Reproduce exactly, and only, the lines below from the one containing "filename crates/ft_types/src/text.rt" through the one containing "48..=57 => Some(u32::from(byte)".

Stored data
-- Opening Marker --
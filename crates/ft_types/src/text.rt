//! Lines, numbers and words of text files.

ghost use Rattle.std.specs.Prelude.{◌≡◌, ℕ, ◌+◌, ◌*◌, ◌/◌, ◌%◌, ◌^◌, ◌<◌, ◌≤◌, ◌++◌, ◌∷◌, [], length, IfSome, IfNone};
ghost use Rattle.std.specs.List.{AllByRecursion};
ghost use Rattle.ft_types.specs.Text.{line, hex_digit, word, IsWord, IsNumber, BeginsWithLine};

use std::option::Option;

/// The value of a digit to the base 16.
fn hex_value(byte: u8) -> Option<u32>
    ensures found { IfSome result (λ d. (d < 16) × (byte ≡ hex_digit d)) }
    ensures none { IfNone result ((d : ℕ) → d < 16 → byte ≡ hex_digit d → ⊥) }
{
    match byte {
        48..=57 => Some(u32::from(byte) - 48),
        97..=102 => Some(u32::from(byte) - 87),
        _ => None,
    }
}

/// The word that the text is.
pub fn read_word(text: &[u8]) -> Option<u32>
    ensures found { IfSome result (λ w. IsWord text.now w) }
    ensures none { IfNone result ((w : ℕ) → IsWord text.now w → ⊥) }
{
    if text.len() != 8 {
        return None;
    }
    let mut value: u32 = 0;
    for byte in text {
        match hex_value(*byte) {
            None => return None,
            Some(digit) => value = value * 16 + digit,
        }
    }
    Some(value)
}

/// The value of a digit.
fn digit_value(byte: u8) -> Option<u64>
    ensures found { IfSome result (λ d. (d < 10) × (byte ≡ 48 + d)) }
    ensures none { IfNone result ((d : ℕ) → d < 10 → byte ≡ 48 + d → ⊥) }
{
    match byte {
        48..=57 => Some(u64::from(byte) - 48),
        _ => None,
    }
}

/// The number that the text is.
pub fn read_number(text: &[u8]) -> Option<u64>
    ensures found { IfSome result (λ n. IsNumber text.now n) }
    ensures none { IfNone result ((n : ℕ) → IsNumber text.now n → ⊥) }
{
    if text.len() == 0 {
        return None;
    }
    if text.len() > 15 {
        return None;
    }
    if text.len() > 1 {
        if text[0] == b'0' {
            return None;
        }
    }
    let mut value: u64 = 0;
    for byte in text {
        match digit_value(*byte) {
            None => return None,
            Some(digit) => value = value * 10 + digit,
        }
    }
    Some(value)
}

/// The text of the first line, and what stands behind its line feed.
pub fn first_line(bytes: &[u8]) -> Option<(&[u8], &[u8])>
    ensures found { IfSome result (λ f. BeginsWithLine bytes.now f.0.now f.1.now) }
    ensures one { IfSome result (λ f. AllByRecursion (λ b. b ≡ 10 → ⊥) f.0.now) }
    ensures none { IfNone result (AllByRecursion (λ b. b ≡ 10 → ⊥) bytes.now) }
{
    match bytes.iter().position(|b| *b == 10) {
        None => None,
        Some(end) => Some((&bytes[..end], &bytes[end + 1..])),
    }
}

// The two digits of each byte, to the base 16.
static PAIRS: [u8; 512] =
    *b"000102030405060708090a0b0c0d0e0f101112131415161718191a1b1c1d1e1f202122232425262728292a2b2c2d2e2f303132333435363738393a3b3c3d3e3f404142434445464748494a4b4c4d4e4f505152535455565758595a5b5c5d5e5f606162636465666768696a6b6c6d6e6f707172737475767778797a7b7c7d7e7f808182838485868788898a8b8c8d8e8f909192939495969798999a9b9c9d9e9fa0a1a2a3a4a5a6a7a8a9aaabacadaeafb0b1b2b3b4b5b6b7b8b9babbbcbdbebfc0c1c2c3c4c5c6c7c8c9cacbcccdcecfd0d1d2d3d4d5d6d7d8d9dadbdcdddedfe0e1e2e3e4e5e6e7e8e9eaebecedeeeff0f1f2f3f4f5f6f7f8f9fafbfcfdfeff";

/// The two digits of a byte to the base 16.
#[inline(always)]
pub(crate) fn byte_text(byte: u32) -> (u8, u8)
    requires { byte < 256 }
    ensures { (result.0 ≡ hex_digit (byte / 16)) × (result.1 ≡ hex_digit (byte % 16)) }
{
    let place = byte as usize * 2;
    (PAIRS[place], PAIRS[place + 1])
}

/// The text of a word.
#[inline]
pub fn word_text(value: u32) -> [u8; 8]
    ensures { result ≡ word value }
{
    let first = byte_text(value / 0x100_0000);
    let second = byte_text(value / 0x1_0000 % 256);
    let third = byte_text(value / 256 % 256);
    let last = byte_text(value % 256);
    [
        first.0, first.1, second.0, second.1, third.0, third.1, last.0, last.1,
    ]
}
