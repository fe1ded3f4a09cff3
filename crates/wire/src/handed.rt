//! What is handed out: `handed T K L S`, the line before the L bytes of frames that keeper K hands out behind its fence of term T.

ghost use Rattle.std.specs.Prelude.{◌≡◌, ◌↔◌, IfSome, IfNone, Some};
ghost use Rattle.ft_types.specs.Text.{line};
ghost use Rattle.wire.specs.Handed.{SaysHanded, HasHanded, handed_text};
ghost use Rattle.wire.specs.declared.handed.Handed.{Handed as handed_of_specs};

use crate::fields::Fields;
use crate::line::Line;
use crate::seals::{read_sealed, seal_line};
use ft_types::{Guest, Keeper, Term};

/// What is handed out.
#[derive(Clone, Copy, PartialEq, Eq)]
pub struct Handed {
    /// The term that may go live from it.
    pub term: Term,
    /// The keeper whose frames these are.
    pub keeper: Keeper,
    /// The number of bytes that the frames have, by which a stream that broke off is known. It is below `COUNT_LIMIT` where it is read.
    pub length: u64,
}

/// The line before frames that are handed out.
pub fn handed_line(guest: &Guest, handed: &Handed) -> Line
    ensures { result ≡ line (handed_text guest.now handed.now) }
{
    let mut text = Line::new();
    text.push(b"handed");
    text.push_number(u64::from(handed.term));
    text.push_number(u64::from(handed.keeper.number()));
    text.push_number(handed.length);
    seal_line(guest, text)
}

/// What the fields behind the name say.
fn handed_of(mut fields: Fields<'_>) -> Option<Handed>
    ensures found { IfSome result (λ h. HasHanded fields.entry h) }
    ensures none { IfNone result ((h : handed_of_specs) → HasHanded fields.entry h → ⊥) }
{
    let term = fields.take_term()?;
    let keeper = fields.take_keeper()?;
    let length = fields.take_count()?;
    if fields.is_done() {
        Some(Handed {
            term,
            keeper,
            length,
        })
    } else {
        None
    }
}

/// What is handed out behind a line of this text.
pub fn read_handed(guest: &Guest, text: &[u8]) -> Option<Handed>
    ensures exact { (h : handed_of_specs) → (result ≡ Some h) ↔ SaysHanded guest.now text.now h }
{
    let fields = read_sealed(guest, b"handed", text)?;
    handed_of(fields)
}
-- Closing Marker --
-- Opening Marker --
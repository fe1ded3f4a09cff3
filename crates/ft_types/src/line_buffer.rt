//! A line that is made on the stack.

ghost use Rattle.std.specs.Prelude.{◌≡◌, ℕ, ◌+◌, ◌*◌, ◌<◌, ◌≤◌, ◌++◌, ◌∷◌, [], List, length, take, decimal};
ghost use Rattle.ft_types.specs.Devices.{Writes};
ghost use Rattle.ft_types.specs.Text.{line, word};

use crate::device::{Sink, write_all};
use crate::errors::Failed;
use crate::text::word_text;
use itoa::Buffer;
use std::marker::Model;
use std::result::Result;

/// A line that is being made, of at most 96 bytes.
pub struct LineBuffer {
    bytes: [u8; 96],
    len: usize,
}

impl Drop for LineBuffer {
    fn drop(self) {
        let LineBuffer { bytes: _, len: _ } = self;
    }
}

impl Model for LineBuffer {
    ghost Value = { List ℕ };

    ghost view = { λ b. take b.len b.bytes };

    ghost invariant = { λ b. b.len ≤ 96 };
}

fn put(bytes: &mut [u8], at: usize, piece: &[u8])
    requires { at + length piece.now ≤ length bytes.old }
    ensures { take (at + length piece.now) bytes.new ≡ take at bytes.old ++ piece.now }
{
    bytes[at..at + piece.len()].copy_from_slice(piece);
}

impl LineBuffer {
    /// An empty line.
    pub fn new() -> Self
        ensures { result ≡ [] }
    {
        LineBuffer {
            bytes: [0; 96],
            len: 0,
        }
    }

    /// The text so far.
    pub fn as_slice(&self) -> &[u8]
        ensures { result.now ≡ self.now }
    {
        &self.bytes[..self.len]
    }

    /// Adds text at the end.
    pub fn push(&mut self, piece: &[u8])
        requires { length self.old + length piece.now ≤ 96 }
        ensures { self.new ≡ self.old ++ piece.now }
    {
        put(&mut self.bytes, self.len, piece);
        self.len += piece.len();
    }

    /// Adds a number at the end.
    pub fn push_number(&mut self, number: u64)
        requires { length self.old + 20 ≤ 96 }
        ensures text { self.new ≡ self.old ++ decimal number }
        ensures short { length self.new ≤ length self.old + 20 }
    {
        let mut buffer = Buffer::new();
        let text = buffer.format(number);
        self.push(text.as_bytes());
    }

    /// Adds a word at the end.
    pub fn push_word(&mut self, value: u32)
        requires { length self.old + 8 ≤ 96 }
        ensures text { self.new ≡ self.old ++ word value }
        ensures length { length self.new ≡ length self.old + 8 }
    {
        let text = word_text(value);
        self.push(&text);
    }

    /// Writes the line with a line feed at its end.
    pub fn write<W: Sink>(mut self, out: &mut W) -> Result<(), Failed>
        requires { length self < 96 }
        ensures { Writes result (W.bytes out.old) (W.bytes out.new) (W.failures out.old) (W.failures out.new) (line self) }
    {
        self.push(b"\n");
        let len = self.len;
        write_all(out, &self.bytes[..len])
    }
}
-- Closing Marker --
• [ANSWER TO THE EXERCISE]:
filename crates/ft_types/src/text.rt
//! Lines, numbers and words of text files.

ghost use Rattle.std.specs.Prelude.{◌≡◌, ℕ, ◌+◌, ◌*◌, ◌/◌, ◌%◌, ◌^◌, ◌<◌, ◌≤◌, ◌++◌, ◌∷◌, [], length, IfSome, IfNone};
ghost use Rattle.std.specs.List.{AllByRecursion};
ghost use Rattle.ft_types.specs.Text.{line, hex_digit, word, IsWord, IsNumber, BeginsWithLine};

use std::option::Option;

/// The value of a digit to the base 16.
fn hex_value(byte: u8) -> Option<u32>
    ensures found { IfSome result (λ d. (d < 16) × (byte ≡ hex_digit d)) }
    ensures none { IfNone result ((d : ℕ) → d < 16 → byte ≡ hex_digit d → ⊥) }
{
    match byte {
        48..=57 => Some(u32::from(byte) - 48),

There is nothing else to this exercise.